Additionally, both methods have the following common limitations: (1) User dependence: the results of muscle function evaluation using smart insoles and pose estimation can be affected by factors such as correct wearing of insoles and the patient's physical characteristics; (2) Limitations in capturing physical parameters: using smart insoles and pose estimation for muscle function evaluation can result in inaccuracies if all the important physical parameters like muscle tension and adjustment are not included; (3) Lack of standardized protocol: concerns about the reliability of results can arise due to the absence of a standardized protocol for the use of smart insoles in muscle function evaluation and the absence of standardized camera equipment and shooting method protocols in the case of pose estimation.
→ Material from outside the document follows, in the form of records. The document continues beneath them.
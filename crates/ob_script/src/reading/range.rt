ghost use Rattle.std.specs.Prelude.{◌≡◌, ◌+◌, ◌-◌, ◌*◌, ◌<◌, ◌^◌, IsTrue, true, nat_lt, Some, None, IfSome, is_some, Ok, Err};
ghost use Rattle.std.specs.Prelude.{if◌then◌else◌};
ghost use Rattle.std.specs.Option.{SomeIff};
ghost use Rattle.std.specs.List.{list_all};
ghost use Rattle.std.specs.Char.{is_ascii_digit};
ghost use Rattle.std.specs.Str.Parse.{digits_value};
ghost use Rattle.ob_script.specs.Reading.{holds, is_number, is_short_number, number_in};
ghost use Rattle.ob_script.specs.declared.reading.fault.LineFault.TheVariants.{OutOfRange};

use crate::reading::fault::LineFault;

/// The numbers that a word of a script line may be.
#[derive(Clone, Copy)]
pub struct Range {
    /// The least of them.
    pub least: u64,
    /// The greatest of them.
    pub greatest: u64,
}

/// The numbers from 0 to this one.
macro_rules! up_to {
    ($greatest:literal) => {
        Range {
            least: 0,
            greatest: $greatest,
        }
    };
}

/// Any number of 32 bits.
pub const ANY_32: Range = up_to!(4294967295);

/// Any number of 64 bits.
pub const ANY_64: Range = up_to!(18446744073709551615);

/// The number of a block's bytes.
pub const BLOCK_BYTES: Range = up_to!(1048576);

/// The index of a user bit.
pub const BIT_INDEX: Range = up_to!(255);

/// A water mark, in bytes.
pub const MARK: Range = up_to!(2147483647);

/// A flag.
pub const FLAG: Range = up_to!(1);

impl Range {
    /// The number that the word writes in decimal digits, with leading zeros allowed.
    ///
    /// `NotANumber` comes if the word is empty or has another byte than a digit, and then `OutOfRange` if
    /// the number is outside the range.
    pub fn read(self, word: &[u8]) -> Result<u64, LineFault>
        ensures { result ≡ number_in self word.now }
    {
        if let Some(number) = short_number(word) {
            return self.hold(number);
        }
        if !is_digits(word) {
            return Err(LineFault::NotANumber);
        }
        match long_value(word) {
            Some(number) => self.hold(number),
            None => Err(LineFault::OutOfRange),
        }
    }

    /// The number, if it is in the range.
    pub(crate) fn hold(self, number: u64) -> Result<u64, LineFault>
        ensures { result ≡ (if holds self number then Ok number else Err OutOfRange) }
    {
        if self.least <= number && number <= self.greatest {
            return Ok(number);
        }
        Err(LineFault::OutOfRange)
    }
}

/// Whether the word is one or more decimal digits.
fn is_digits(word: &[u8]) -> bool
    ensures { result ≡ is_number word.now }
{
    !word.is_empty() && has_digits_alone(word)
}

/// Whether each byte is a decimal digit.
fn has_digits_alone(word: &[u8]) -> bool
    ensures { result ≡ list_all is_ascii_digit word.now }
{
    word.iter().all(|byte| byte.is_ascii_digit())
}

/// The most digits of which each number has 64 bits.
const SHORT: usize = 19;

/// The number that a word of one to nineteen digits writes, by one walk over it. Other words have none.
pub fn short_number(word: &[u8]) -> Option<u64>
    ensures value { IfSome result (λ number. (is_number word.now ≡ true) × (number ≡ digits_value 10 word.now)) }
    ensures when { is_some result ≡ is_short_number word.now }
{
    if word.is_empty() || SHORT < word.len() {
        return None;
    }
    let mut value: u64 = 0;
    for byte in word {
        if !byte.is_ascii_digit() {
            return None;
        }
        value = value * 10 + u64::from(*byte - b'0');
    }
    Some(value)
}

/// The number that any digits write, or nothing if it is 2^64 or more.
fn long_value(word: &[u8]) -> Option<u64>
    requires { IsTrue (list_all is_ascii_digit word.now) }
    ensures { result ≡ (if nat_lt (digits_value 10 word.now) (2 ^ 64) then Some (digits_value 10 word.now) else None) }
{
    let mut value: u64 = 0;
    for byte in word {
        match with_digit(value, *byte) {
            Some(more) => value = more,
            None => return None,
        }
    }
    Some(value)
}

/// The number with one more digit behind it, or nothing if that is 2^64 or more.
fn with_digit(value: u64, digit: u8) -> Option<u64>
    requires { IsTrue (is_ascii_digit digit) }
    ensures { SomeIff result (value * 10 + (digit - 48) < 2 ^ 64) (value * 10 + (digit - 48)) }
{
    let tens = value.checked_mul(10)?;
    tens.checked_add(u64::from(digit - b'0'))
}
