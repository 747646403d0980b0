ghost use Rattle.std.specs.Prelude.{◌≡◌};
ghost use Rattle.ob_script.specs.Reading as specs;

use crate::reading::fault::LineFault;

/// What the lines of a kind of script say.
pub trait Grammar {
    /// What a line asks.
    type Line: Drop;

    /// The grammar of the scripts.
    ghost grammar: { specs.Grammar Self.Line };

    /// What a line asks by itself, given without the byte that ends it, or its fault.
    fn read(line: &[u8]) -> Result<Self::Line, LineFault>
        ensures { result ≡ grammar.reading line.now };
}
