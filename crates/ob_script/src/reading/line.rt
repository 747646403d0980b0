ghost use Rattle.std.specs.Prelude.{◌≡◌, ◌<◌, ◌∷◌, [], length, slice_index};
ghost use Rattle.std.specs.Str.{bytes_eq};
ghost use Rattle.ob_script.specs.Reading.{words_after, kind_reading, line_reading, word_named};

use crate::reading::fault::LineFault;
use crate::reading::first_word::FirstWord;
use crate::reading::lines::first_word;
use crate::reading::numbers::read_all_numbers;

/// The greatest length of a line in bytes, without the byte that ends it.
const MAX_LINE: usize = 200;

/// What a line asks, given without the byte that ends it, or its first fault.
pub fn read_line<W: FirstWord>(line: &[u8]) -> Result<W::Line, LineFault>
    ensures { result ≡ line_reading W.table line.now }
{
    if line.len() > MAX_LINE {
        return Err(LineFault::LongLine);
    }
    let (first, after) = first_word(line);
    match named::<W>(first) {
        Some(word) => read_words(word, after),
        None => Err(LineFault::UnknownWord),
    }
}

/// The first word that a text writes, if it is one.
fn named<W: FirstWord>(text: &[u8]) -> Option<W>
    ensures { result ≡ word_named W.table text.now }
{
    // nearly every first word has one byte or two, and these are compared without a loop
    match *text {
        [byte] => named_by_byte(byte),
        [first, second] => named_by_pair(first, second),
        _ => W::all().iter().copied().find(|word| word.text() == text),
    }
}

/// The first word that a byte writes, if it is one.
fn named_by_byte<W: FirstWord>(byte: u8) -> Option<W>
    ensures { result ≡ word_named W.table (byte ∷ []) }
{
    W::all()
        .iter()
        .copied()
        .find(|word| is_byte(word.text(), byte))
}

/// The first word that two bytes write, if it is one.
fn named_by_pair<W: FirstWord>(first: u8, second: u8) -> Option<W>
    ensures { result ≡ word_named W.table (first ∷ second ∷ []) }
{
    W::all()
        .iter()
        .copied()
        .find(|word| is_pair(word.text(), first, second))
}

/// Whether a text is one byte, and this one.
fn is_byte(text: &[u8], byte: u8) -> bool
    ensures { result ≡ bytes_eq text.now (byte ∷ []) }
{
    text.len() == 1 && text[0] == byte
}

/// Whether a text is two bytes, and these.
fn is_pair(text: &[u8], first: u8, second: u8) -> bool
    ensures { result ≡ bytes_eq text.now (first ∷ second ∷ []) }
{
    text.len() == 2 && text[0] == first && text[1] == second
}

/// What a line with this first word asks, or its first fault, by what follows the word.
fn read_words<W: FirstWord>(word: W, after: &[u8]) -> Result<W::Line, LineFault>
    requires { 0 < length after.now → slice_index after.now 0 ≡ 32 }
    ensures { result ≡ kind_reading (W.table.kind_of word) (words_after after.now) }
{
    match read_all_numbers(word.ranges(), after) {
        Ok(numbers) => word.line(numbers).ok_or(LineFault::Misplaced),
        Err(fault) => Err(fault),
    }
}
Lastly, in this study, a comparison was conducted between 23 sarcopenic patients and 60 individuals without sarcopenia. During the process of comparing the groups, characteristics such as gender and age were not matched due to the limitation of a small sample size. To address this, the analysis results of the groups with matched characteristics are provided in Supplementary Table S4. In this case, when comparing the results with the original analysis in Tables 1 and 2, no significant differences in variables were observed.

Conclusion

In this study, a control group of 60 individuals with musculoskeletal disorders was compared to a group of 23 individuals with sarcopenia using both smart insole and pose estimation. The results indicated that the smart insole did not show any significant differences between the two groups, whereas the pose estimation variables showed significant differences in 12 out of 15 variables. These findings highlight the importance of using multiple measurement methods to develop accurate models for predicting and classifying sarcopenia. With the recent advancements in measurement technology, the accuracy of sarcopenia diagnosis has improved, and it is expected that more digital biomarkers will be discovered and utilized in future treatments. This underscores the potential of utilizing digital technology to improve the diagnosis and treatment of musculoskeletal disorders and sarcopenia.